Russia Says It’s Building a Super-AWACS. Reality Says Otherwise
Gather round the campfire, folks. A middle-aged AWACS veteran is about to poke holes in Russia's newest idea.

If you’ve watched the last three plus years of the Ukraine war through the lens of aerial surveillance, one pattern jumps out: Ukraine is dismantling the Russian Air Force where it’s most vulnerable: AWACS.
The A-50 AWACS fleet, the crown jewels of Russia’s airborne command-and-control capability, is dangerously thin. During the Soviet era, roughly forty A-50 airframes rolled out of Beriev’s plants, but decades of neglect, cannibalization, and now wartime losses have whittled that number down to a shadow force.

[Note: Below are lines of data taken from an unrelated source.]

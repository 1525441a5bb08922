//! What records of the journal do to a core.
ghost use Rattle.std.specs.Prelude.{◌≡◌, ◌++◌, ◌⊎◌, ◌↔◌, List, IfErr, IfOk, IsTrue, OnErr, OnOk, false};
ghost use Rattle.std.specs.List.{All};
ghost use Rattle.ide_batch.specs.Applied.{ApplyRefusal, IsApplied, LoadsText, MayBeRoot, MayHaveAll, RefusesRecord, SetsBody, SetsFront, SetsItems, SetsSome, SpellsFitting, refusal_of};
ghost use Rattle.ide_batch.specs.AppliedAll.{AreApplied, LeadOver, StopsAt};
ghost use Rattle.ide_batch.specs.Items.{Item};
ghost use Rattle.ide_journal.specs.Lists.{entries_of, entry_of};
ghost use Rattle.ide_steps.specs.Core.{IsUnchanged};
ghost use Rattle.ide_steps.specs.Rooted.{IsBegun};
ghost use Rattle.ide_text.specs.Parsed.{IsParsed};
ghost use Rattle.ide_text.specs.declared.program.Program.{Program};
ghost use Rattle.ide_image.specs.Worklist.{IsFree};

use crate::body::read_body;
use crate::spelled::Spelled;
use ide_journal::{RawRecord, Version};
use ide_problem::Problem;
use ide_steps::Core;
use ide_text::{parse, parsed_have_no_fault};
use ide_wire::{Key, Refused};
use std::alloc::Global;

/// Applies the record of that number, spelled as in that version of a store: one step of the fold.
/// No hand may have a claim.
///
/// Refusals: `Damaged`, with the number and before any change, exactly where the record does not
/// apply; `NoMemory`, after which the image has the first of a batch's items, if any.
pub fn apply<P: Problem>(
    alloc: Global,
    core: &mut Core<P>,
    n: u64,
    raw: &RawRecord,
    version: Version,
) -> Result<(), Refused>
    requires { IsFree core.old.pile }
    ensures applied { OnOk result (IsApplied ⟦<P::F as Spelled>⟧.forms version P.F.edge P.F.eq core.old core.new (entry_of raw.now)) }
    ensures refused { IfErr result (ApplyRefusal ⟦<P::F as Spelled>⟧.forms version n core.old core.new (entry_of raw.now)) }
    ensures free { IsFree core.new.pile }
{
    let body = raw.body.as_slice();
    match raw.kind {
        1 => apply_load(alloc, core, n, body),
        2 => apply_root(core, n, body),
        3 => apply_batch(alloc, core, n, body, version),
        _ => Err(Refused::Damaged(n)),
    }
}

/// Applies the records, spelled as in that version of a store, from the first on, which has the number
/// 0: the fold. No hand may have a claim.
///
/// Refusals: `Damaged`, with the number of the first record that does not apply, where the image is
/// that after the records before it; `NoMemory`, where it may also have the first items of the next.
pub fn apply_all<P: Problem>(
    alloc: Global,
    core: &mut Core<P>,
    records: &[RawRecord],
    version: Version,
) -> Result<(), Refused>
    requires { IsFree core.old.pile }
    ensures applied { OnOk result (AreApplied ⟦<P::F as Spelled>⟧.forms version P.F.edge P.F.eq (entries_of records.now) core.old core.new) }
    ensures leads { OnOk result (LeadOver ⟦<P::F as Spelled>⟧.forms version P.F.edge P.F.eq (entries_of records.now) core.old core.new) }
    ensures refused { IfErr result (StopsAt ⟦<P::F as Spelled>⟧.forms version P.F.edge P.F.eq (entries_of records.now) core.old core.new) }
    ensures free { IsFree core.new.pile }
{
    for (n, raw) in records.iter().enumerate() {
        apply(alloc, core, n as u64, raw, version)?;
    }
    Ok(())
}

/// Loads the text of a record of that number, if it has no fault.
fn apply_load<P: Problem>(
    alloc: Global,
    core: &mut Core<P>,
    n: u64,
    text: &[u8],
) -> Result<(), Refused>
    requires { IsFree core.old.pile }
    ensures loaded { OnOk result (LoadsText text.now core.new) }
    ensures refused { IfErr result (RefusesRecord n ((p : Program) × IsParsed text.now p)) }
    ensures unchanged { OnErr result (core.new ≡ core.old) }
    ensures free { IsFree core.new.pile }
{
    parsed_have_no_fault();
    let program = match parse(alloc, text) {
        Ok(program) => program,
        Err(Refused::NoMemory) => return Err(Refused::NoMemory),
        Err(_) => return Err(Refused::Damaged(n)),
    };
    core.load_spelled(program, Vec::from_slice(alloc, text)?)
}

/// Makes the procedure of the name a root, as a record of that number says, if it may be one.
fn apply_root<P: Problem>(core: &mut Core<P>, n: u64, name: &[u8]) -> Result<(), Refused>
    requires { IsFree core.old.pile }
    ensures begun { OnOk result (IsBegun P.L.algebra P.F.edge P.targets core.old core.new name.now) }
    ensures refused { IfErr result (RefusesRecord n (MayBeRoot core.old name.now)) }
    ensures damaged { IfErr result (λ e. (e ≡ Refused.NoMemory) ⊎ (core.new ≡ core.old)) }
    ensures unchanged { OnErr result (IsUnchanged core.old core.new) }
    ensures free { IsFree core.new.pile }
{
    match core.root(name) {
        Ok(()) => Ok(()),
        Err(refused) => Err(refusal_of(n, refused)),
    }
}

/// The refusal of the record of that number, where a call refused what it says.
fn refusal_of(n: u64, refused: Refused) -> Refused
    ensures { result ≡ refusal_of n refused }
{
    match refused {
        Refused::NoMemory => Refused::NoMemory,
        _ => Refused::Damaged(n),
    }
}

/// Sets the items of a record of that number, if its body spells items that the core may have. Where
/// memory is wanting, the first of them are set.
fn apply_batch<P: Problem>(
    alloc: Global,
    core: &mut Core<P>,
    n: u64,
    body: &[u8],
    version: Version,
) -> Result<(), Refused>
    requires { IsFree core.old.pile }
    ensures set { OnOk result (SetsBody ⟦<P::F as Spelled>⟧.forms version core.old core.new body.now) }
    ensures refused { IfErr result (RefusesRecord n (SpellsFitting ⟦<P::F as Spelled>⟧.forms version core.old body.now)) }
    ensures damaged { IfErr result (λ e. (e ≡ Refused.NoMemory) ⊎ (core.new ≡ core.old)) }
    ensures kept { OnErr result (SetsSome ⟦<P::F as Spelled>⟧.forms version core.old core.new body.now) }
    ensures free { IsFree core.new.pile }
{
    let Some(items) = read_body::<P::F>(alloc, version, body)? else {
        return Err(Refused::Damaged(n));
    };
    if !may_have_all(core, items.as_slice()) {
        return Err(Refused::Damaged(n));
    }
    set_all(core, items.as_slice())
}

/// Whether the core may have the key of each item.
fn may_have_all<P: Problem>(core: &Core<P>, items: &[(Key, P::F, bool)]) -> bool
    ensures { IsTrue result ↔ MayHaveAll core.now items.now }
{
    for item in items {
        if !core.may_have(item.0) {
            return false;
        }
    }
    true
}

/// Sets each item's entry. Where memory is wanting, the first items are set.
fn set_all<P: Problem>(core: &mut Core<P>, items: &[(Key, P::F, bool)]) -> Result<(), Refused>
    requires free { IsFree core.old.pile }
    requires place { MayHaveAll core.old items.now }
    requires present { All (λ item. P.F.eq item.1 P.F.edge.all_top ≡ false) items.now }
    ensures set { OnOk result (SetsItems core.old core.new items.now) }
    ensures kept { OnErr result (SetsFront core.old core.new items.now) }
    ensures free { IsFree core.new.pile }
    ensures refused { IfErr result (λ e. e ≡ Refused.NoMemory) }
{
    for item in items {
        core.set(item.0, item.1, item.2)?;
    }
    Ok(())
}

By most credible assessments, Russia is operating somewhere between four and eight flyable A-50 or A-50U aircraft today.
Analysts believed there were only about nine operational airframes left before the full-scale invasion; since then, Ukraine has either destroyed or damaged several more, including high-profile shootdowns over the Sea of Azov and deep inside Russian airspace.

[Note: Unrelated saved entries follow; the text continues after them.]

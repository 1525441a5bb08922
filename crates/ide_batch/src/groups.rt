//! The body of a batch in the second version of a store: how many groups, then each, with the items
//! of one node and kind.
ghost use Rattle.std.specs.Prelude.{◌≡◌, ℕ, ◌++◌, ◌≤◌, ◌↔◌, length, IfSome, IfNone, IsTrue};
ghost use Rattle.ide_batch.specs.Bodies.{SpellsNone};
ghost use Rattle.ide_batch.specs.Forms.{IfNotRead, IfRead};
ghost use Rattle.ide_batch.specs.Groups.{IsGroupedBody, key_of_kind};
ghost use Rattle.ide_batch.specs.GroupsRead.{GroupInFront, IsAbove, Listed, NoGroup, NoGroups, NoMembers, ReadsGroups, header_form, is_proper_header};
ghost use Rattle.ide_journal.specs.declared.version.Version.TheVariants.{Two};
ghost use Rattle.ide_wire.specs.Form.{NoFormInFront};

use crate::coded::{Coded, front_of};
use crate::items::MOST;
use crate::spelled::Spelled;
use ide_lattice::EdgeFn;
use ide_wire::{Fact, Key, Node};
use std::alloc::{AllocError, Global};
use std::cmp::Ordering;

/// The fewest bytes of a member: those of two facts, one of a function, and one that says whether it is pending.
const LEAST: usize = 6;

/// The items that the body spells in groups, if it spells any. They go onto one vector, with room for as many as
/// so many bytes may spell: no count reserves room for what may not be there.
pub(crate) fn read_groups<F: EdgeFn>(
    alloc: Global,
    body: &[u8],
) -> Result<Option<Vec<(Key, F, bool)>>, AllocError>
    ensures items { IfRead result (λ items. IsGroupedBody ⟦<F as Spelled>⟧.forms items.items body.now) }
    ensures none { IfNotRead result (SpellsNone ⟦<F as Spelled>⟧.forms Two body.now) }
{
    let Some((count, rest)) = front_of::<u32>(body) else {
        return Ok(None);
    };
    if count == 0 {
        return Ok(None);
    }
    let Some((items, behind)) = groups_in_front::<F>(alloc, count, rest)? else {
        return Ok(None);
    };
    if !behind.is_empty() {
        return Ok(None);
    }
    Ok(Some(items))
}

/// The items of so many groups in front of the bytes, and the bytes after them.
fn groups_in_front<F: EdgeFn>(
    alloc: Global,
    count: u32,
    bytes: &[u8],
) -> Result<Option<(Vec<(Key, F, bool)>, &[u8])>, AllocError>
    ensures read { IfRead result (λ got. ReadsGroups ⟦<F as Spelled>⟧.forms count got.0.items bytes.now got.1.now) }
    ensures none { IfNotRead result (NoGroups ⟦<F as Spelled>⟧.forms count bytes.now) }
{
    let mut items = Vec::with_capacity(alloc, MOST.min(bytes.len() / LEAST))?;
    let mut before = None;
    let mut rest = bytes;
    for _taken in 0..count {
        let Some((place, behind)) = group_in_front::<F>(before, &mut items, rest)? else {
            return Ok(None);
        };
        before = Some(place);
        rest = behind;
    }
    Ok(Some((items, rest)))
}

/// The kind and node of a group in front of the bytes, which stands above the place before, and the
/// bytes after it. Its items are appended, or some of them where there is none.
fn group_in_front<'a, F: EdgeFn>(
    before: Option<(u32, Node)>,
    items: &mut Vec<(Key, F, bool)>,
    bytes: &'a [u8],
) -> Result<Option<((u32, Node), &'a [u8])>, AllocError>
    requires { length items.old.items ≤ 65536 }
    ensures read { IfRead result (GroupInFront ⟦<F as Spelled>⟧.forms before items.old.items items.new.items bytes.now) }
    ensures none { IfNotRead result (NoGroup ⟦<F as Spelled>⟧.forms before (length items.old.items) bytes.now) }
{
    let Some((place, members, rest)) = header_in_front(bytes) else {
        return Ok(None);
    };
    if !is_above(before, place) {
        return Ok(None);
    }
    if members == 0 {
        return Ok(None);
    }
    if members as usize > MOST - items.len() {
        return Ok(None);
    }
    let Some(behind) = members_in_front(place, members, items, rest)? else {
        return Ok(None);
    };
    Ok(Some((place, behind)))
}

/// The kind and node of a group, how many members it has, and the bytes after that.
fn header_in_front(bytes: &[u8]) -> Option<((u32, Node), u32, &[u8])>
    ensures proper { IfSome result (λ front. IsTrue (is_proper_header (front.0, front.1))) }
    ensures found { IfSome result (λ front. bytes.now ≡ header_form (front.0, front.1) ++ front.2.now) }
    ensures none { IfNone result (NoFormInFront is_proper_header header_form bytes.now) }
{
    let (&kind, numbers) = bytes.split_first()?;
    if kind > 1 {
        return None;
    }
    let (node, behind) = front_of::<Node>(numbers)?;
    let (count, rest) = front_of::<u32>(behind)?;
    Some(((u32::from(kind), node), count, rest))
}

/// The bytes after so many members, which ascend, of the kind and node. Their items are appended, or
/// some of them where there are none.
fn members_in_front<'a, F: EdgeFn>(
    place: (u32, Node),
    count: u32,
    items: &mut Vec<(Key, F, bool)>,
    bytes: &'a [u8],
) -> Result<Option<&'a [u8]>, AllocError>
    ensures read { IfRead result (Listed ⟦<F as Spelled>⟧.forms place count items.old.items items.new.items bytes.now) }
    ensures none { IfNotRead result (NoMembers ⟦<F as Spelled>⟧.forms count bytes.now) }
{
    let mut before = None;
    let mut rest = bytes;
    for _taken in 0..count {
        let Some((member, behind)) = <(Fact, Fact, F, bool)>::front(rest) else {
            return Ok(None);
        };
        let (first, second, function, pending) = member;
        let facts = (u32::from(first), u32::from(second));
        if !is_above(before, facts) {
            return Ok(None);
        }
        items.push((key_at(place, first, second), function, pending))?;
        before = Some(facts);
        rest = behind;
    }
    Ok(Some(rest))
}

/// The key of that kind, at that node.
fn key_at(place: (u32, Node), first: Fact, second: Fact) -> Key
    ensures { result ≡ key_of_kind place.0 place.1 first second }
{
    if place.0 == 0 {
        Key::Jump(place.1, first, second)
    } else {
        Key::Summary(place.1, first, second)
    }
}

/// Whether the place is above the one before, if there is one.
fn is_above(before: Option<(u32, u32)>, place: (u32, u32)) -> bool
    ensures { IsTrue result ↔ IsAbove before place }
{
    let Some((first, second)) = before else {
        return true;
    };
    first.cmp(&place.0).then(second.cmp(&place.1)) == Ordering::Less
}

What had once been a fleet capable of maintaining round-the-clock radar coverage is now a handful of aging, overworked jets that Moscow rotates like priceless Fabergé eggs on a merry-go-round, each loss tightening the strategic chokehold on Russian command and control.
The latest humiliation came courtesy of Operation Spiderweb, when Ukraine used long-range S-200s to swat down an A-50 over hundreds of kilometers, the kind of shot that would give cold sweats to any Russian veteran who grew up believing “behind the lines” meant “safe.”

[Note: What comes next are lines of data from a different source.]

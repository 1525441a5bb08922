//! Things that bodies list: their forms follow each other with nothing between.
ghost use Rattle.std.specs.Prelude.{◌≡◌, ℕ, ◌<◌, ◌^◌, ◌++◌, ◌≤◌, Bool, List, length, IsTrue, IfOk, IfSome, IfNone, OnOk};
ghost use Rattle.std.specs.List.{flat_map};
ghost use Rattle.ide_batch.specs.Forms.{all_proper};
ghost use Rattle.ide_wire.specs.Form.{NoFormInFront, IsPrefixFree};

use ide_wire::Wire;
use std::alloc::{AllocError, Global};

/// What can be read from the front of bytes, and written.
pub(crate) trait Coded: Copy {
    ghost proper: { Self → Bool };

    ghost form: { Self → List ℕ };

    /// What stands in front of the bytes, and the bytes after it.
    fn front(bytes: &[u8]) -> Option<(Self, &[u8])>
        ensures proper { IfSome result (λ front. IsTrue (proper front.0)) }
        ensures found { IfSome result (λ front. bytes.now ≡ form front.0 ++ front.1.now) }
        ensures none { IfNone result (NoFormInFront proper form bytes.now) };

    /// Appends the form. At a refusal the vector may have a part of it.
    fn put(&self, out: &mut Vec<u8>) -> Result<(), AllocError>
        ensures ok { OnOk result (out.new.items ≡ out.old.items ++ form self.now) }
        ensures kept { length out.old.items ≤ length out.new.items };

    ghost prefix_free: { IsPrefixFree proper form };
}

/// The value in front of the bytes, and the bytes after it.
pub(crate) fn front_of<T: Wire>(bytes: &[u8]) -> Option<(T, &[u8])>
    ensures proper { IfSome result (λ front. IsTrue (T.proper front.0)) }
    ensures found { IfSome result (λ front. bytes.now ≡ T.form front.0 ++ front.1.now) }
    ensures none { IfNone result (NoFormInFront T.proper T.form bytes.now) }
{
    let (value, count) = T::take(bytes)?;
    Some((value, &bytes[count..]))
}
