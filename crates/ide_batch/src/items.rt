//! The body of a batch in the first version of a store: how many items, then each.
ghost use Rattle.ide_batch.specs.Bodies.{SpellsNone};
ghost use Rattle.ide_batch.specs.Items.{IsListBody};
ghost use Rattle.ide_batch.specs.Forms.{IfNotRead, IfRead};
ghost use Rattle.ide_journal.specs.declared.version.Version.TheVariants.{One};

use crate::coded::front_of;
use crate::list::{are_ascending, list_in_front};
use crate::spelled::Spelled;
use ide_lattice::EdgeFn;
use ide_wire::Key;
use std::alloc::{AllocError, Global};

/// The most items of a batch.
pub const MOST: usize = 65_536;

/// The items that the body spells, if it spells any.
pub(crate) fn read_items<F: EdgeFn>(
    alloc: Global,
    body: &[u8],
) -> Result<Option<Vec<(Key, F, bool)>>, AllocError>
    ensures items { IfRead result (λ items. IsListBody ⟦<F as Spelled>⟧.forms items.items body.now) }
    ensures none { IfNotRead result (SpellsNone ⟦<F as Spelled>⟧.forms One body.now) }
{
    let Some((count, rest)) = front_of::<u32>(body) else {
        return Ok(None);
    };
    if count as usize > MOST {
        return Ok(None);
    }
    let Some((items, rest)) = list_in_front::<(Key, F, bool)>(alloc, count as usize, rest)? else {
        return Ok(None);
    };
    if !rest.is_empty() {
        return Ok(None);
    }
    if items.is_empty() {
        return Ok(None);
    }
    if !are_ascending(items.as_slice()) {
        return Ok(None);
    }
    Ok(Some(items))
}
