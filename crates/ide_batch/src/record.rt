//! Records: what a store keeps of each change of its image.
use ide_wire::Key;

/// A change of the image: a program is loaded, a procedure becomes a root, or keys change.
#[derive(Drop)]
pub enum Record<F> {
    /// The text of the program.
    Load(Vec<u8>),
    /// The name of the procedure.
    Root(Vec<u8>),
    /// Each key that changed, ascending, with its function and whether it is pending.
    Batch(Vec<(Key, F, bool)>),
}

And now, with the A-100 modernization program officially dead and buried, Russia is reaching for ideas on the far side of desperation.
Now… Ahem, the United States has its own AWACS drama that I’m neck deep in; as a veteran of the platform, I’m in all the closed AWACS communities on social media where us old-timers complain about the future of air warfare.
But I’ve already written at length about the bad decisions coming out of the Pentagon with respect to the Sentry’s replacement, the E-7 Wedgetail. You can read that here, and be warned, it’s a whole shitload of stupidity.
But back to Russia, they just submitted a patent for something the creators seem convinced is elegant.
It isn’t.
It’s a fever dream: an amphibious jet stuffed with more roles than Marvel’s Avengers Doomsday, pitched as the answer to Ukraine’s newfound ability to blind Russia at long distances.
It’s AWACS, it’s recon, it’s maritime patrol, and it’s anti-sub warfare, all crammed into a single airframe built on the Be-200… the aircraft Russia has been trying, and failing, to build in meaningful numbers since Slick Willy himself, Bill Clinton, was sliding into his White House interns’ DMs.
And here’s the part that made me laugh out loud: they want this thing to replace the A-50.
I flew on the E-3 Sentry. I know what an AWACS actually needs to work. And whatever Russia thinks it’s building here, it isn’t that.
The A-50 Problem Russia Can’t Solve
The hard truth for Moscow is that the A-50 was never built for a modern air war. It came out of an era when airborne radar meant tracking lumbering American bombers over the arctic and keeping tabs on NATO patrols at long distances.
The airframe is old. The avionics are brittle. The ergonomics look like someone designed the interior after losing a bar bet. Even in perfect working order, the A-50 was behind the curve the day it rolled off the line.
But at least Russia had them. That was the entire selling point.